impl Pair {
    ghost use Rattle.tipc_pair.specs.Facing.{active, alone, contact_between, facing, in_contact, state_of, with_made};
    ghost use Rattle.tipc_pair.specs.PairArrivals.{Arrives};
    ghost use Rattle.tipc_pair.specs.Courses.{IsToldOf};
    ghost use Rattle.tipc_pair.specs.PairCalls.{active_session, answered_near, at_bearer, cut_near, last_count_of, load_of, mended, numbered_of, ticked, SendsWithin};
    ghost use Rattle.tipc_pair.specs.PairFacts.{AreHeldRightly, IsPairOfEnds};
    ghost use Rattle.tipc_pair.specs.PairOpenings.{standing_with};
    ghost use Rattle.tipc_pair.specs.Preparing.{changes_of, Prepares};
    ghost use Rattle.tipc_pair.specs.Runs.{IsListed};

    /// The pair of a node that has just begun this boot: no end is made.
    pub fn new(alloc: Global, own: Addr, peer: Addr, boot: u32) -> Pair
        ensures { result ≡ alone own.word peer.word boot }
    {
        Pair {
            ends: LinkEnds::new(alloc, own, peer, boot),
        }
    }

    /// A pair that is as this one.
    pub fn copy(&self) -> Result<Pair, NoMemory>
        ensures { IfOk result (λ pair. pair ≡ self.now) }
    {
        Ok(Pair {
            ends: self.ends.copy()?,
        })
    }

    /// Makes the link end on a bearer, 0 or 1, that has none. It counts as cut: [`Pair::mend`] tells that it is mended.
    pub fn make_end(&mut self, bearer: u8)
        requires bearer { bearer ≤ 1 }
        requires none { (facing bearer self.old).near ≡ None }
        ensures { self.new ≡ facing 0 (with_made (facing bearer self.old)) }
    {
        self.ends.face(bearer);
        self.ends.make();
        self.ends.face(0);
    }

    /// A bearer, 0 or 1, is mended: as [`tipc_link::Link::mend`]. Nothing is done where it has no link end.
    pub fn mend(&mut self, alloc: Global, bearer: u8, out: &mut Outbox)
        requires { bearer ≤ 1 }
        ensures after { self.new ≡ (at_bearer bearer self.old mended).pair }
        ensures frames { Gains out.old out.new (made_in (at_bearer bearer self.old mended)) }
    {
        self.ends.face(bearer);
        self.ends.mend(alloc, out);
        self.ends.face(0);
    }

    /// A bearer, 0 or 1, is cut: its link goes down, where it is up. The other link gets what it leaves, or the contact
    /// ends. Nothing is sent on the bearer.
    ///
    /// # Errors
    ///
    /// Where memory runs out. Nothing is changed then.
    pub fn cut(
        &mut self,
        alloc: Global,
        bearer: u8,
        out: &mut Outbox,
    ) -> Result<TransitionList, NoMemory>
        requires { bearer ≤ 1 }
        ensures after { OnOk result (self.new ≡ (at_bearer bearer self.old cut_near).pair) }
        ensures changes { IfOk result (λ changes. changes ≡ (at_bearer bearer self.old cut_near).changes) }
        ensures frames { OnOk result (Gains out.old out.new (made_in (at_bearer bearer self.old cut_near))) }
        // The contact ends only where no link is up.
        ensures goes_on { in_contact self.old ≡ true → OnOk result (in_contact self.new ≡ true →
            self.new.contact ≡ self.old.contact) }
        ensures err { OnErr result ((self.new ≡ self.old) × (out.new ≡ out.old)) }
    {
        let event = self.cut_ends(alloc, bearer)?;
        Ok(event.leave(out))
    }

    /// A bearer is cut, and this leaves with it.
    fn cut_ends(&mut self, alloc: Global, bearer: u8) -> Result<Leaving, NoMemory>
        requires { bearer ≤ 1 }
        ensures after { OnOk result (self.new ≡ (at_bearer bearer self.old cut_near).pair) }
        ensures told { IfOk result (λ event. IsToldOf (at_bearer bearer self.old cut_near) event) }
        ensures goes_on { in_contact self.old ≡ true → OnOk result (in_contact self.new ≡ true →
            self.new.contact ≡ self.old.contact) }
        ensures err { OnErr result (self.new ≡ self.old) }
    {
        let mut event = Leaving::new(alloc);
        let mut next = self.ends.copy()?;
        next.face(bearer);
        next.cut(alloc, &mut event)?;
        next.face(0);
        self.ends = next;
        Ok(event)
    }

    /// A tick of both links, bearer 0's with all that follows and then bearer 1's: as [`tipc_link::Link::tick`].
    /// `shown` fills the broadcast fields of STATE.
    ///
    /// # Errors
    ///
    /// Where memory runs out. Nothing is changed then.
    pub fn tick(
        &mut self,
        alloc: Global,
        shown: BroadcastState,
        out: &mut Outbox,
    ) -> Result<TransitionList, NoMemory>
        ensures after { OnOk result (self.new ≡ (ticked shown self.old).pair) }
        ensures changes { IfOk result (λ changes. changes ≡ (ticked shown self.old).changes) }
        ensures frames { OnOk result (Gains out.old out.new (made_in (ticked shown self.old))) }
        // The contact ends only where no link is up.
        ensures goes_on { in_contact self.old ≡ true → OnOk result (in_contact self.new ≡ true →
            self.new.contact ≡ self.old.contact) }
        ensures err { OnErr result ((self.new ≡ self.old) × (out.new ≡ out.old)) }
    {
        let event = self.tick_ends(alloc, shown)?;
        Ok(event.leave(out))
    }

    /// A tick of both links, and this leaves with it.
    fn tick_ends(&mut self, alloc: Global, shown: BroadcastState) -> Result<Leaving, NoMemory>
        ensures after { OnOk result (self.new ≡ (ticked shown self.old).pair) }
        ensures told { IfOk result (λ event. IsToldOf (ticked shown self.old) event) }
        ensures goes_on { in_contact self.old ≡ true → OnOk result (in_contact self.new ≡ true →
            self.new.contact ≡ self.old.contact) }
        ensures err { OnErr result (self.new ≡ self.old) }
    {
        let mut event = Leaving::new(alloc);
        let mut next = self.ends.copy()?;
        next.tick(alloc, shown, &mut event)?;
        self.ends = next;
        Ok(event)
    }

    /// Puts packets on the active link, and sends those that the window of 50 has room for: as
    /// [`tipc_link::Link::send`]. It needs a contact. Each packet is payload, name items or a fragment, of at most
    /// 1,452 bytes.
    ///
    /// # Errors
    ///
    /// Congested exactly where at least `limit` packets wait on the active link; else NoMemory. Either changes nothing.
    pub fn send(
        &mut self,
        alloc: Global,
        pieces: Pieces,
        limit: u32,
        out: &mut Outbox,
    ) -> Result<(), OfferFault>
        requires contact { in_contact self.old ≡ true }
        requires pieces { All IsListed pieces }
        ensures ok { OnOk result ((frames : List Outgoing) × SendsWithin self.old pieces limit self.new frames ×
            Adds out.old out.new frames) }
        ensures congested { (s : SessionEnd) → active_session self.old ≡ Some s → limit ≤ length s.sending.waiting →
            result ≡ Err (OfferFault.Congested (length s.sending.unacked) (length s.sending.waiting)) }
        ensures congested_only { (s : SessionEnd) (in_flight waiting : ℕ) → active_session self.old ≡ Some s →
            result ≡ Err (OfferFault.Congested in_flight waiting) → limit ≤ length s.sending.waiting }
        ensures err { OnErr result ((self.new ≡ self.old) × (out.new ≡ out.old)) }
    {
        if self.ends.near_is_up() {
            return self.ends.send(alloc, pieces, limit, out);
        }
        self.ends.turn();
        let answer = self.ends.send(alloc, pieces, limit, out);
        self.ends.turn();
        answer
    }

    /// Takes a packet that arrived on a bearer, 0 or 1, that has a link end.
    ///
    /// A tunnel packet is opened as it is taken: an original of the other link's present session takes that link down,
    /// and then the packet inside is given to the record of the other link.
    ///
    /// # Errors
    ///
    /// Where memory runs out. Nothing is changed then. A RESET or an ACTIVATE that shows a contact number below the
    /// highest seen is passed over, and takes none.
    pub fn arrive(
        &mut self,
        alloc: Global,
        bearer: u8,
        incoming: &Incoming<'_>,
        out: &mut Outbox,
    ) -> Result<PairArrival, NoMemory>
        requires bearer { bearer ≤ 1 }
        requires fits { Fits (view incoming.now.packet) }
        ensures ok { IfOk result (λ a. (c : Course) ×
            Arrives (facing bearer self.old) incoming.now.sender_epoch incoming.now.receiver_epoch
            (view incoming.now.packet) incoming.now.by incoming.now.shown c a.outcome ×
            (self.new ≡ facing 0 c.pair) × (a.changes ≡ c.changes) × Gains out.old out.new (made_in c)) }
        // The contact ends only where no link is up, or the peer showed a higher contact number.
        ensures goes_on { in_contact self.old ≡ true → OnOk result (in_contact self.new ≡ true →
            self.new.seen ≡ self.old.seen →
            self.new.contact ≡ self.old.contact) }
        ensures passing { OnErr result (standing_with self.old incoming.now.packet.header ≡ standing.Lower → ⊥) }
        ensures err { OnErr result ((self.new ≡ self.old) × (out.new ≡ out.old)) }
    {
        let (way, outcome) = self.ends.prepare(alloc, bearer, incoming)?;
        let event = self
            .ends
            .commit(alloc, bearer, way, &incoming.packet, incoming.shown);
        let changes = event.leave(out);
        Ok(PairArrival { changes, outcome })
    }

    /// What a packet that arrives on a bearer, 0 or 1, will make of the pair: as [`Pair::arrive`], but nothing is
    /// changed yet, which [`Pair::commit`] does.
    ///
    /// # Errors
    ///
    /// Where memory runs out. A RESET or an ACTIVATE that shows a contact number below the highest seen is passed over,
    /// and takes none.
    pub fn prepare(
        &self,
        alloc: Global,
        bearer: u8,
        incoming: &Incoming<'_>,
    ) -> Result<PairArriving, NoMemory>
        requires bearer { bearer ≤ 1 }
        requires fits { Fits (view incoming.now.packet) }
        ensures bearer { IfOk result (λ a. a.bearer ≡ bearer) }
        ensures prepares { IfOk result (λ a. Prepares self.now incoming.now.sender_epoch incoming.now.receiver_epoch
            (view incoming.now.packet) incoming.now.by incoming.now.shown a) }
        ensures passing { OnErr result (standing_with self.now incoming.now.packet.header ≡ standing.Lower → ⊥) }
    {
        let (way, outcome) = self.ends.prepare(alloc, bearer, incoming)?;
        Ok(PairArriving {
            bearer,
            way,
            outcome,
        })
    }

    /// Takes a packet, as [`Pair::prepare`] told of it when the pair was as it is.
    pub fn commit(
        &mut self,
        alloc: Global,
        arriving: PairArriving,
        packet: &Packet<'_>,
        shown: BroadcastState,
        out: &mut Outbox,
    ) -> PairArrival
        requires { (es : ℕ) × (er : ℕ) × (by : ℕ) × Prepares self.old es er (view packet.now) by shown arriving }
        ensures arrives { (es er by : ℕ) → Prepares self.old es er (view packet.now) by shown arriving → (c : Course) ×
            Arrives (facing arriving.bearer self.old) es er (view packet.now) by shown c result.outcome ×
            (self.new ≡ facing 0 c.pair) × (result.changes ≡ c.changes) × Gains out.old out.new (made_in c) }
        ensures outcome { result.outcome ≡ arriving.outcome }
        ensures changes { result.changes ≡ changes_of arriving.way }
        // The contact ends only where no link is up, or the peer showed a higher contact number.
        ensures goes_on { in_contact self.old ≡ true → in_contact self.new ≡ true → self.new.seen ≡ self.old.seen →
            self.new.contact ≡ self.old.contact }
    {
        let PairArriving {
            bearer,
            way,
            outcome,
        } = arriving;
        let event = self.ends.commit(alloc, bearer, way, packet, shown);
        let changes = event.leave(out);
        PairArrival { changes, outcome }
    }

    /// Sends the STATE that is due after an arrival on a bearer, 0 or 1: as [`tipc_link::Link::answer`]. The arrival
    /// took so many broadcast packets, and `due` says that it asks for a STATE by the broadcast. Nothing is sent where
    /// the bearer's link isn't up.
    pub fn answer(
        &mut self,
        alloc: Global,
        bearer: u8,
        broadcast: u32,
        due: bool,
        shown: BroadcastState,
        out: &mut Outbox,
    )
        requires { bearer ≤ 1 }
        ensures after { self.new ≡ (at_bearer bearer self.old (answered_near broadcast due shown)).pair }
        ensures frames { Adds out.old out.new (sent_in (at_bearer bearer self.old
            (answered_near broadcast due shown))) }
    {
        self.ends.face(bearer);
        self.ends.answer(alloc, broadcast, due, shown, out);
        self.ends.face(0);
    }

    /// It is seen from bearer 0's link, and what is true of every pair is true of it: an end is held only where the
    /// other link is up and has a tunnel packet. It does nothing.
    pub fn sound(&self)
        ensures first { self.now.bearer ≡ 0 }
        ensures pair { IsPairOfEnds self.now }
        ensures held { AreHeldRightly self.now }
    {
        self.ends.sound();
    }

    /// The contact: the node's own contact number, and the peer's. None exactly where the node isn't in contact with
    /// the peer.
    pub fn contact(&self) -> Option<(u64, u64)>
        ensures { result ≡ contact_between self.now }
    {
        if self.ends.in_contact() {
            Some(self.ends.contact_numbers())
        } else {
            None
        }
    }

    /// The bearer of the active link. None exactly where the node isn't in contact with the peer.
    pub fn active(&self) -> Option<u8>
        ensures { result ≡ active self.now }
    {
        self.ends.active()
    }

    /// The state of the link end on a bearer, 0 or 1. None exactly where there is none.
    pub fn state(&self, bearer: u8) -> Option<LinkState>
        requires { bearer ≤ 1 }
        ensures { result ≡ state_of (facing bearer self.now).near }
    {
        state_of(self.ends.end_on(bearer))
    }

    /// The numbers of unacknowledged and of waiting packets of the link on a bearer, 0 or 1: zeros where it isn't up.
    pub fn load(&self, bearer: u8) -> (u32, u32)
        requires { bearer ≤ 1 }
        ensures { result ≡ load_of (facing bearer self.now).near }
    {
        load_of(self.ends.end_on(bearer))
    }

    /// How many packets each direction numbered in the present session of a bearer, 0 or 1, or the last one: the own
    /// ones exactly, and the peer's as taken. None exactly where there is no link end, or it had no session.
    pub fn numbered(&self, bearer: u8) -> Option<(u64, u64)>
        requires { bearer ≤ 1 }
        ensures { result ≡ numbered_of (facing bearer self.now).near }
    {
        numbered_of(self.ends.end_on(bearer))
    }

    /// The own epoch of the present session of a bearer, 0 or 1, or of the last one, and how many packets were numbered
    /// in it. None exactly where there is no link end, or it had no session.
    pub fn last_count(&self, bearer: u8) -> Option<(u64, u64)>
        requires { bearer ≤ 1 }
        ensures { result ≡ last_count_of (facing bearer self.now).near }
    {
        last_count_of(self.ends.end_on(bearer))
    }

    /// The node's own contact number for the peer: of the present contact, or the next one.
    pub fn own_contact(&self) -> u64
        ensures { result ≡ self.now.contact }
    {
        self.ends.contact_numbers().0
    }

    /// The highest contact number that the peer has shown, 0 where it has shown none.
    pub fn peer_contact(&self) -> u64
        ensures { result ≡ self.now.seen }
    {
        self.ends.contact_numbers().1
    }
}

========================

* Assigned task:
Repeat the entries above exactly, beginning at their first line and ending with the line that contains "pub fn new(alloc: Global, own: Addr, peer: Addr, boot: u32)", with nothing added.

* Final answer:
impl Pair {
    ghost use Rattle.tipc_pair.specs.Facing.{active, alone, contact_between, facing, in_contact, state_of, with_made};
    ghost use Rattle.tipc_pair.specs.PairArrivals.{Arrives};
    ghost use Rattle.tipc_pair.specs.Courses.{IsToldOf};
    ghost use Rattle.tipc_pair.specs.PairCalls.{active_session, answered_near, at_bearer, cut_near, last_count_of, load_of, mended, numbered_of, ticked, SendsWithin};
    ghost use Rattle.tipc_pair.specs.PairFacts.{AreHeldRightly, IsPairOfEnds};
    ghost use Rattle.tipc_pair.specs.PairOpenings.{standing_with};
    ghost use Rattle.tipc_pair.specs.Preparing.{changes_of, Prepares};
    ghost use Rattle.tipc_pair.specs.Runs.{IsListed};

    /// The pair of a node that has just begun this boot: no end is made.
    pub fn new(alloc: Global, own: Addr, peer: Addr, boot: u32) -> Pair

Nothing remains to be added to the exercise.